Apart from Volume and Variety, Big Data Velocity also creates specific challenges that need addressing. (Santovena 2013) states that Velocity refers to a high rate of data influx and outflow and that data has evolved into a continuous flow, with data snapshots in business analytics making way for real-time monitoring. In addition, (Santovena 2013) notes that the rate at which data is collected is constantly growing; this notion is supported by (Thirunarayan, Sheth 2013) who states that amount of data generated is growing rapidly. Apart from the voluminous nature of this stream of data, (Stegmaier, Seifert et al. 2014) notes that these data sources are also dynamic, with (Santovena 2013) pointing out that high velocity can be characterised by the changing velocity in a single data set, or changing rates of data influx between multiple data sets. This stream of large volumes of data poses unique challenges in that focusing on and classification of relevant data becomes problematic, it has an impact on incremental data processing and the dynamic nature of data impacting utilisation of relevant background knowledge in decision-making (Thirunarayan, Sheth 2013). (Tsuchiya, Sakamoto et al. 2011) also mentions possible scenarios where a sudden influx of data can occur, due to the occurrence of some event. To address this issue of highly dynamic data, (Thirunarayan, Sheth 2013) introduces the concept of Continuous Semantics, which involves using social-knowledge sources to update and create semantic models in order to gain useful information from high velocity data. Cloud Technologies in the form of Distributed Data Stores and Parallel Processing provide possible solutions for the challenges related to
Big Data Velocity. As already mentioned, the concept of the Distributed Data Store positively impacts performance due to the distribution of read and write requests to storage (Tsuchiya, Sakamoto et al. 2011). (Tachmazidis, Antoniou et al. 2014) outlines two models of Parallel Processing, or Distributed Computing, that can be utilized for large scale data processing namely partitioning of processing by rule or by data. (Tachmazidis, Antoniou et al. 2014) states that the data partitioning approach is favourable, as differencing rule set characteristics may cause improper workload balancing and thus impact scalability. (Ji, Li et al. 2012) agrees that parallel processing is essential for enhancing scalability and increasing performance in processing of Big Data.
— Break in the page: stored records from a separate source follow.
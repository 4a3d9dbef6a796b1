use crate::scripts::refusal;
use it_types::{CycDecl, NoMemory, ObjId};
use s_script::{ReadBad, Why, conf_of, print_into, read};
use std::alloc::Global;
use std::test::*;

/// Handlers of each kind with each word, and the calls that begin and end what they stand on.
const SCRIPT: &[u8] =
    b"itron 1\nlink 1 0 0 0\nticks 10\nnode 0 10.0.0.1 0 0\ncyc 8 1000000 1000000 off\nend\ncbr 16\nudp_can_cep 1 all\nudp_del_cep 1\nend\ncyc 1 1 0 on\nsig_sem 1\nstp_cyc 1\nend\ntask 1 1 act\nsta_cyc 8\nstp_cyc 8\nudp_cre_cep 1 2000 16\nudp_rcv_dat 1 10 nblk\nudp_can_cep 1 rcv_dat\nudp_del_cep 1\next_tsk\nend\ncbr 1\nend\nnode 1 10.0.0.2 0 0\ncbr 1\nend\ncyc 1 3 0 off\nget_tid\nend\n";

#[test]
fn prints_the_handlers_that_it_read(rt: HostRuntime) -> Result<(), Fail> {
    let script = read(rt.alloc(), SCRIPT)?;
    let mut out = Vec::new(rt.alloc());
    print_into(rt.alloc(), &script, &mut out)?;
    assert_eq!(rt; out.as_slice(), SCRIPT);
    Ok(())
}

fn cyclic(id: u32, period: u32, phase: u32, on: bool) -> CycDecl {
    CycDecl {
        id,
        period,
        phase,
        on,
    }
}

#[test]
fn gives_both_nodes_their_handlers(rt: HostRuntime) -> Result<(), Fail> {
    let script = read(rt.alloc(), SCRIPT)?;
    let conf = conf_of(rt.alloc(), &script)?;
    let first = &conf.nodes[0];
    let second = &conf.nodes[1];
    let cyclics = [cyclic(8, 1000000, 1000000, false), cyclic(1, 1, 0, true)];
    assert_eq!(rt; first.cycs.as_slice(), cyclics.as_slice());
    assert_eq!(rt; first.cbrs.as_slice(), [ObjId(16), ObjId(1)].as_slice());
    assert_eq!(rt; second.cycs.as_slice(), [cyclic(1, 3, 0, false)].as_slice());
    assert_eq!(rt; second.cbrs.as_slice(), [ObjId(1)].as_slice());
    Ok(())
}

#[test]
fn names_the_cause_of_a_wrong_line_of_a_handler(rt: HostRuntime) -> Result<(), Fail> {
    let table = [
        ("cyc 1 3 0", 5, Why::Form),
        ("cyc 1 3 on", 5, Why::Form),
        ("cyc 1 3 0 act", 5, Why::Form),
        ("cyc 1 3 0 on ", 5, Why::Form),
        ("cyc 1 03 0 on", 5, Why::Form),
        ("cyc 0 1 0 on", 5, Why::Range),
        ("cyc 9 1 0 on", 5, Why::Range),
        ("cyc 1 0 0 on", 5, Why::Range),
        ("cyc 1 1000001 0 on", 5, Why::Range),
        ("cyc 1 1 1000001 on", 5, Why::Range),
        ("cyc 1 1 18446744073709551616 on", 5, Why::Range),
        ("cbr", 5, Why::Form),
        ("cbr 1 on", 5, Why::Form),
        ("cbr 0", 5, Why::Range),
        ("cbr 17", 5, Why::Range),
        ("cyc 1 1 0 on\next_tsk", 6, Why::Form),
        ("cbr 1\next_tsk", 6, Why::Form),
        ("cbr 1\nsig_sem 4294967296", 6, Why::Range),
        ("task 1 1 act\ncyc 1 3 0 on", 6, Why::Form),
        ("cyc 1 3 0 on\ncbr 1", 6, Why::Form),
        ("cbr 1\nnode 1 0.0.0.2 0 0", 6, Why::Form),
        ("cyc 1 1 0 on\nend\ncyc 1 2 0 off", 7, Why::Twice),
        ("cbr 1\nend\ncbr 1", 7, Why::Twice),
        (
            "cbr 1\nend\ncyc 1 1 0 on\nend\ntask 1 1 act",
            10,
            Why::Missing,
        ),
    ];
    for (lines, number, why) in table {
        let text = format!(in rt.alloc();
            "itron 1\nlink 1 0 0 0\nticks 0\nnode 0 0.0.0.1 0 0\n{lines}\n"
        )?;
        assert_eq!(rt;
            refusal(rt.alloc(), text.as_bytes()),
            Some(ReadBad::Refused(number, why))
        );
    }
    Ok(())
}

/// What is wrong with a callback routine of so many lines, if anything.
fn refused_body(alloc: Global, lines: usize) -> Result<Option<ReadBad>, NoMemory> {
    let mut text = Vec::from_slice(
        alloc,
        b"itron 1\nlink 1 0 0 0\nticks 0\nnode 0 0.0.0.1 0 0\nnode 1 0.0.0.2 0 0\ncbr 1\n",
    )?;
    for _ in 0..lines {
        text.extend_from_slice(b"get_tid\n")?;
    }
    text.extend_from_slice(b"end\n")?;
    Ok(refusal(alloc, &text))
}

#[test]
fn takes_1000_lines_of_a_handler_and_no_more(rt: HostRuntime) -> Result<(), Fail> {
    assert_eq!(rt; refused_body(rt.alloc(), 1000)?, None);
    assert_eq!(rt;
        refused_body(rt.alloc(), 1001)?,
        Some(ReadBad::Refused(1007, Why::Range))
    );
    Ok(())
}
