use it_types::{DtqDecl, FlgDecl, NoMemory, SemDecl, TaskDecl};
use s_script::{ReadBad, Why, conf_of, print_into, read};
use std::alloc::Global;
use std::test::*;

const SCRIPT: &[u8] =
    b"itron 1\nlink 1 0 0 0\nticks 10\nnode 0 10.0.0.1 0 0\nsem 1 fifo 0 1\ntask 1 1 act\ntwai_sem 1 fevr\ntwai_sem 2 pol\ntwai_sem 0 1\ntwai_sem 4294967295 1000000\nend\ntask 2 2 act\ndly_tsk 0\nsig_sem 1\ndly_tsk 1000000\nend\nnode 1 10.0.0.2 5 6\ntask 1 3 act\nudp_cre_cep 4294967295 65535 0\nudp_snd_dat 1 0.0.0.0:0 x nblk\nudp_snd_dat 2 192.168.0.255:7 x68690aff 9\nudp_rcv_dat 3 1500 pol\nend\nsem 1 fifo 2 3\n";

#[test]
fn prints_what_it_read(rt: HostRuntime) -> Result<(), Fail> {
    let script = read(rt.alloc(), SCRIPT)?;
    let mut out = Vec::new(rt.alloc());
    print_into(rt.alloc(), &script, &mut out)?;
    assert_eq!(rt; out.as_slice(), SCRIPT);
    Ok(())
}

fn task(id: u32, pri: u32) -> TaskDecl {
    TaskDecl { id, pri, act: true }
}

fn sem(init: u32, max: u32) -> SemDecl {
    SemDecl {
        id: 1,
        pri: false,
        init,
        max,
    }
}

#[test]
fn gives_both_nodes_their_declarations(rt: HostRuntime) -> Result<(), Fail> {
    let script = read(rt.alloc(), SCRIPT)?;
    let conf = conf_of(rt.alloc(), &script)?;
    let first = &conf.nodes[0];
    let second = &conf.nodes[1];
    assert_eq!(rt; first.addr, 0x0a000001);
    assert_eq!(rt; first.tasks.as_slice(), [task(1, 1), task(2, 2)].as_slice());
    assert_eq!(rt; first.sems.as_slice(), [sem(0, 1)].as_slice());
    assert_eq!(rt; (second.addr, second.isn0, second.top0), (0x0a000002, 5, 6));
    assert_eq!(rt; second.tasks.as_slice(), [task(1, 3)].as_slice());
    assert_eq!(rt; second.sems.as_slice(), [sem(2, 3)].as_slice());
    Ok(())
}

/// Each kind of declaration with each word, and each kernel call that a script may write.
const KERNEL_SCRIPT: &[u8] =
    b"itron 1\nlink 1 0 0 0\nticks 10\nnode 0 10.0.0.1 0 0\nflg 1 fifo one clr 4294967295\ndtq 16 pri 1024\ntask 1 1 dor\nact_tsk 1\ncan_act 0\nter_tsk 2\nchg_pri 2 0\nget_pri 0\ntslp_tsk nblk\nwup_tsk 2\ncan_wup 2\nrel_wai 2\nsus_tsk 2\nrsm_tsk 2\nfrsm_tsk 4294967295\ndly_tsk 0\nrot_rdq 16\nget_tid\nsig_sem 1\ntwai_sem 1 nblk\nset_flg 1 1\nclr_flg 1 0\ntwai_flg 1 3 and fevr\ntwai_flg 1 3 or 1000000\ntsnd_dtq 1 4294967295 pol\nfsnd_dtq 1 9\ntrcv_dtq 1 5\nset_tim 9223372036854775807\nget_tim\next_tsk\nget_tid\nend\nflg 16 pri many keep 0\nsem 1 pri 0 65535\ndtq 1 fifo 0\nnode 1 10.0.0.2 0 0\nflg 1 fifo many keep 0\ndtq 1 fifo 0\ntask 1 16 act\nend\n";

#[test]
fn prints_each_kernel_line(rt: HostRuntime) -> Result<(), Fail> {
    let script = read(rt.alloc(), KERNEL_SCRIPT)?;
    let mut out = Vec::new(rt.alloc());
    print_into(rt.alloc(), &script, &mut out)?;
    assert_eq!(rt; out.as_slice(), KERNEL_SCRIPT);
    Ok(())
}

fn flag(id: u32, pri: bool, many: bool, clr: bool, init: u32) -> FlgDecl {
    FlgDecl {
        id,
        pri,
        many,
        clr,
        init,
    }
}

fn queue(id: u32, pri: bool, cap: u32) -> DtqDecl {
    DtqDecl { id, pri, cap }
}

#[test]
fn gives_a_node_all_its_objects(rt: HostRuntime) -> Result<(), Fail> {
    let script = read(rt.alloc(), KERNEL_SCRIPT)?;
    let conf = conf_of(rt.alloc(), &script)?;
    let node = &conf.nodes[0];
    let flags = [
        flag(1, false, false, true, 4294967295),
        flag(16, true, true, false, 0),
    ];
    let dormant = TaskDecl {
        id: 1,
        pri: 1,
        act: false,
    };
    let by_priority = SemDecl {
        id: 1,
        pri: true,
        init: 0,
        max: 65535,
    };
    assert_eq!(rt; node.tasks.as_slice(), [dormant].as_slice());
    assert_eq!(rt; node.sems.as_slice(), [by_priority].as_slice());
    assert_eq!(rt; node.flags.as_slice(), flags.as_slice());
    assert_eq!(rt;
        node.dtqs.as_slice(),
        [queue(16, true, 1024), queue(1, false, 0)].as_slice()
    );
    Ok(())
}

pub(crate) fn refusal(alloc: Global, text: &[u8]) -> Option<ReadBad> {
    read(alloc, text).err()
}

#[test]
fn names_the_first_wrong_line(rt: HostRuntime) {
    let table: [(&[u8], usize, Why); 8] = [
        (b"", 1, Why::Missing),
        (b"itron 1\nlink 1 0 0 0\nticks 500000\n", 3, Why::Range),
        (b"itron 1\n# the link\n\nlink 1 9 8 0\n", 4, Why::Range),
        (
            b"itron 1\nlink 1 0 0 0\nticks 0\nnode 0 0.0.0.1 0 0\nsem 1 fifo 0 1\nsem 1 fifo 0 1\n",
            6,
            Why::Twice,
        ),
        (b"itron 1\nlink 1 0 0 0", 2, Why::Missing),
        (
            b"itron 1\nlink 1 0 0 0\nticks 0\nnode 0 0.0.0.1 0 0\nnode 1 0.0.0.2 0 0\nnode 1 0.0.0.3 0 0\n",
            6,
            Why::Form,
        ),
        (
            b"itron 1\nlink 1 0 0 0\nticks 0\nnode 0 0.0.0.1 0 0\nnode 1 0.0.0.2 0 0\ntask 1 1 act\n",
            7,
            Why::Missing,
        ),
        (
            b"itron 1\nlink 1 0 0 0\nticks 0\nnode 0 0.0.0.1 0 0\nnode 1 0.0.0.2 0 0\ntask 1 1 act\nend\ntask 1 2 act\n",
            8,
            Why::Twice,
        ),
    ];
    for (text, line, why) in table {
        assert_eq!(rt;
            refusal(rt.alloc(), text),
            Some(ReadBad::Refused(line, why))
        );
    }
}

#[test]
fn names_the_cause_of_a_wrong_call(rt: HostRuntime) -> Result<(), Fail> {
    let table = [
        ("twai_sem 1 0", Why::Range),
        ("twai_sem 1 1000001", Why::Range),
        ("twai_sem 1 4294967301", Why::Range),
        ("twai_sem 1 18446744073709551617", Why::Range),
        ("twai_sem 4294967296 5", Why::Range),
        ("twai_sem 1 non", Why::Form),
        ("twai_sem 1 05", Why::Form),
        ("twai_sem 1 5 ", Why::Form),
        ("twai_sem 1 fevr5", Why::Form),
        ("twai_sem 1 ", Why::Form),
        ("dly_tsk 1000001", Why::Range),
        ("dly_tsk 4294967301", Why::Range),
        ("dly_tsk 18446744073709551617", Why::Range),
        ("dly_tsk", Why::Form),
        ("dly_tsk -1", Why::Form),
        ("dly_tsk 1 ", Why::Form),
        ("dly_tsk fevr", Why::Form),
        ("udp_cre_cep 1 65536 0", Why::Range),
        ("udp_cre_cep 4294967296 1 0", Why::Range),
        ("udp_cre_cep 1 1 4294967296", Why::Range),
        ("udp_cre_cep 1 07 0", Why::Form),
        ("udp_cre_cep 1 7", Why::Form),
        ("udp_rcv_dat 1 4294967296 pol", Why::Range),
        ("udp_rcv_dat 1 5 0", Why::Range),
        ("udp_rcv_dat 1 5 nblk ", Why::Form),
        ("udp_snd_dat 4294967296 10.0.0.2:7 x00 pol", Why::Range),
        ("udp_snd_dat 1 10.0.0.256:7 x00 pol", Why::Range),
        ("udp_snd_dat 1 10.0.0.2:65536 x00 pol", Why::Range),
        ("udp_snd_dat 1 10.0.0.2:7 x00 1000001", Why::Range),
        ("udp_snd_dat 1 10.0.2:7 x00 pol", Why::Form),
        ("udp_snd_dat 1 10.0.0.0.2:7 x00 pol", Why::Form),
        ("udp_snd_dat 1 10.0.0.2 7 x00 pol", Why::Form),
        ("udp_snd_dat 1 10.0.0.2:7 xFF pol", Why::Form),
        ("udp_snd_dat 1 10.0.0.2:7 xfF pol", Why::Form),
        ("udp_snd_dat 1 10.0.0.2:7 x000 pol", Why::Form),
        ("udp_snd_dat 1 10.0.0.2:7 x0g pol", Why::Form),
        ("udp_snd_dat 1 10.0.0.2:7 00 pol", Why::Form),
        ("udp_snd_dat 1 10.0.0.2:7 x00", Why::Form),
        ("ext_tsk 1", Why::Form),
        ("act_tsk", Why::Form),
        ("act_tsk 4294967296", Why::Range),
        ("chg_pri 1 4294967296", Why::Range),
        ("set_flg 1 4294967296", Why::Range),
        ("twai_flg 1 1 fevr", Why::Form),
        ("twai_flg 1 1 any fevr", Why::Form),
        ("twai_flg 1 1 or 0", Why::Range),
        ("fsnd_dtq 1 4294967296", Why::Range),
        ("set_tim 9223372036854775808", Why::Range),
        ("get_tim 1", Why::Form),
        ("sta_cyc", Why::Form),
        ("stp_cyc 4294967296", Why::Range),
        ("udp_del_cep 4294967296", Why::Range),
        ("udp_can_cep 1 rcv", Why::Form),
        ("tcp_del_rep", Why::Form),
        ("tcp_cre_rep 1 65536", Why::Range),
        ("tcp_snd_dat 1 peer buf fevr", Why::Form),
        ("tcp_con_cep 1 0 peer fevr", Why::Form),
        ("udp_snd_dat 1 buf peer fevr", Why::Form),
        ("udp_snd_dat 1 peer buf 0", Why::Range),
        ("fill 65281", Why::Range),
        ("fill", Why::Form),
        ("loop 0", Why::Range),
        ("loop 65536", Why::Range),
        ("loop", Why::Form),
        ("until", Why::Form),
        ("until full", Why::Form),
        ("pool 1", Why::Form),
        ("pool", Why::Nest),
        ("until end", Why::Nest),
        ("until fail", Why::Nest),
        ("until empty", Why::Nest),
    ];
    for (call, why) in table {
        let text = format!(in rt.alloc();
            "itron 1\nlink 1 0 0 0\nticks 0\nnode 0 0.0.0.1 0 0\ntask 1 1 act\n{call}\n"
        )?;
        assert_eq!(rt;
            refusal(rt.alloc(), text.as_bytes()),
            Some(ReadBad::Refused(6, why))
        );
    }
    Ok(())
}

#[test]
fn names_the_cause_of_a_wrong_declaration(rt: HostRuntime) -> Result<(), Fail> {
    let table = [
        ("sem 1 prio 0 1", Why::Form),
        ("flg 17 fifo one clr 0", Why::Range),
        ("flg 1 fifo one clr 4294967296", Why::Range),
        ("flg 1 one fifo clr 0", Why::Form),
        ("flg 1 fifo one 0", Why::Form),
        ("flg 1 fifo one clr", Why::Form),
        ("flg 2 pri many keep 1", Why::Twice),
        ("dtq 0 fifo 1", Why::Range),
        ("dtq 1 fifo 1025", Why::Range),
        ("dtq 1 pri", Why::Form),
        ("dtq 1 fifo 1 ", Why::Form),
        ("dtq 3 pri 2", Why::Twice),
        ("task 1 1 dormant", Why::Form),
        ("task 1 17 dor", Why::Range),
    ];
    for (declaration, why) in table {
        let text = format!(in rt.alloc();
            "itron 1\nlink 1 0 0 0\nticks 0\nnode 0 0.0.0.1 0 0\nflg 2 fifo one clr 0\ndtq 3 fifo 0\n{declaration}\n"
        )?;
        assert_eq!(rt;
            refusal(rt.alloc(), text.as_bytes()),
            Some(ReadBad::Refused(7, why))
        );
    }
    Ok(())
}

/// Each call of TCP, each line that is no call, and the buffer and the peer in the place of what a call sends.
const NETWORK_SCRIPT: &[u8] =
    b"itron 1\nlink 18446744073709551615 9 7 1000\nticks 400000\nnode 0 10.0.0.1 0 0\ntask 1 1 act\ntcp_cre_rep 1 80\ntcp_del_rep 1\ntcp_cre_cep 1 1000 4294967295 0\ntcp_acp_cep 1 1 fevr\ntcp_con_cep 1 0 10.0.0.2:80 nblk\ntcp_sht_cep 1\ntcp_cls_cep 1 pol\ntcp_snd_dat 1 x00ff 5\ntcp_snd_dat 1 buf fevr\ntcp_rcv_dat 1 4294967295 fevr\ntcp_get_buf 1 fevr\ntcp_snd_buf 1 x\ntcp_snd_buf 1 buf\ntcp_rcv_buf 1 fevr\ntcp_rel_buf 1 4\ntcp_can_cep 1 all\ntcp_del_cep 1\nend\ntask 2 2 act\nfill 0\nfill 65280\nloop 1\nloop 2\nloop 3\nloop 65535\nuntil end\nuntil fail\nuntil empty\nudp_snd_dat 1 peer buf fevr\nudp_snd_dat 1 peer x00 fevr\nudp_snd_dat 1 0.0.0.0:0 buf fevr\npool\npool\npool\npool\nend\nnode 1 10.0.0.2 0 0\n";

#[test]
fn prints_each_line_of_a_body(rt: HostRuntime) -> Result<(), Fail> {
    let script = read(rt.alloc(), NETWORK_SCRIPT)?;
    let mut out = Vec::new(rt.alloc());
    print_into(rt.alloc(), &script, &mut out)?;
    assert_eq!(rt; out.as_slice(), NETWORK_SCRIPT);
    Ok(())
}

#[test]
fn names_the_first_line_that_nests_wrongly(rt: HostRuntime) -> Result<(), Fail> {
    let table = [
        ("loop 2\nend", 7),
        ("loop 2\npool\npool", 8),
        ("loop 2\npool\nuntil end", 8),
        ("loop 1\nloop 1\nloop 1\nloop 1\nloop 1", 10),
        ("loop 1\nloop 1\npool\nend", 9),
    ];
    for (lines, number) in table {
        let text = format!(in rt.alloc();
            "itron 1\nlink 1 0 0 0\nticks 0\nnode 0 0.0.0.1 0 0\ntask 1 1 act\n{lines}\n"
        )?;
        assert_eq!(rt;
            refusal(rt.alloc(), text.as_bytes()),
            Some(ReadBad::Refused(number, Why::Nest))
        );
    }
    Ok(())
}

/// What is wrong with a call that sends so many bytes, if anything.
fn refused_data(alloc: Global, len: usize) -> Result<Option<ReadBad>, NoMemory> {
    let mut text = Vec::from_slice(
        alloc,
        b"itron 1\nlink 1 0 0 0\nticks 0\nnode 0 0.0.0.1 0 0\nnode 1 0.0.0.2 0 0\ntask 1 1 act\nudp_snd_dat 1 0.0.0.1:7 x",
    )?;
    for _ in 0..len {
        text.extend_from_slice(b"a5")?;
    }
    text.extend_from_slice(b" fevr\nend\n")?;
    Ok(refusal(alloc, &text))
}

#[test]
fn takes_1024_bytes_and_no_more(rt: HostRuntime) -> Result<(), Fail> {
    assert_eq!(rt; refused_data(rt.alloc(), 1024)?, None);
    assert_eq!(rt;
        refused_data(rt.alloc(), 1025)?,
        Some(ReadBad::Refused(7, Why::Form))
    );
    Ok(())
}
The challenges connected to Data Quality, or Data Veracity as coined by (Bizer, Boncz et al. 2011), relates to various possible traits of data. This can range from data being incomplete, invalid, inconsistent, suffering from compromised integrity, being inaccurate or simply being out of date (Santovena 2013). Trustworthiness of data should also be considered, especially on open mediums where anyone can publish information (Bizer, Boncz et al. 2011). In addressing the challenges relating to Data Quality – or Veracity, (Thirunarayan, Sheth 2013) proposes the idea of Gleaning Trustworthiness, which involves a semantic based approach to combine physical and human sourced sensor data in order to improve the trustworthiness of sensor data. (Bizer, Boncz et al. 2011) proposes an additional method identifying trustworthy information in the form of a ranking system where previous users rate information in terms of usefulness and quality. The literature did not explicitly cover Data Quality in terms of Cloud Technology, but (Santovena 2013; Thirunarayan, Sheth 2013; and Ji, Li et al. 2012) touch on the subjects of Data Privacy and Security, which could have an adverse impact on Data Quality
when compromised. In addition (Ji, Li et al. 2012) notes that the use of third-party services and vendors in the Cloud Technology sphere adds to security concerns along with the magnitude of data creating challenges in securing information.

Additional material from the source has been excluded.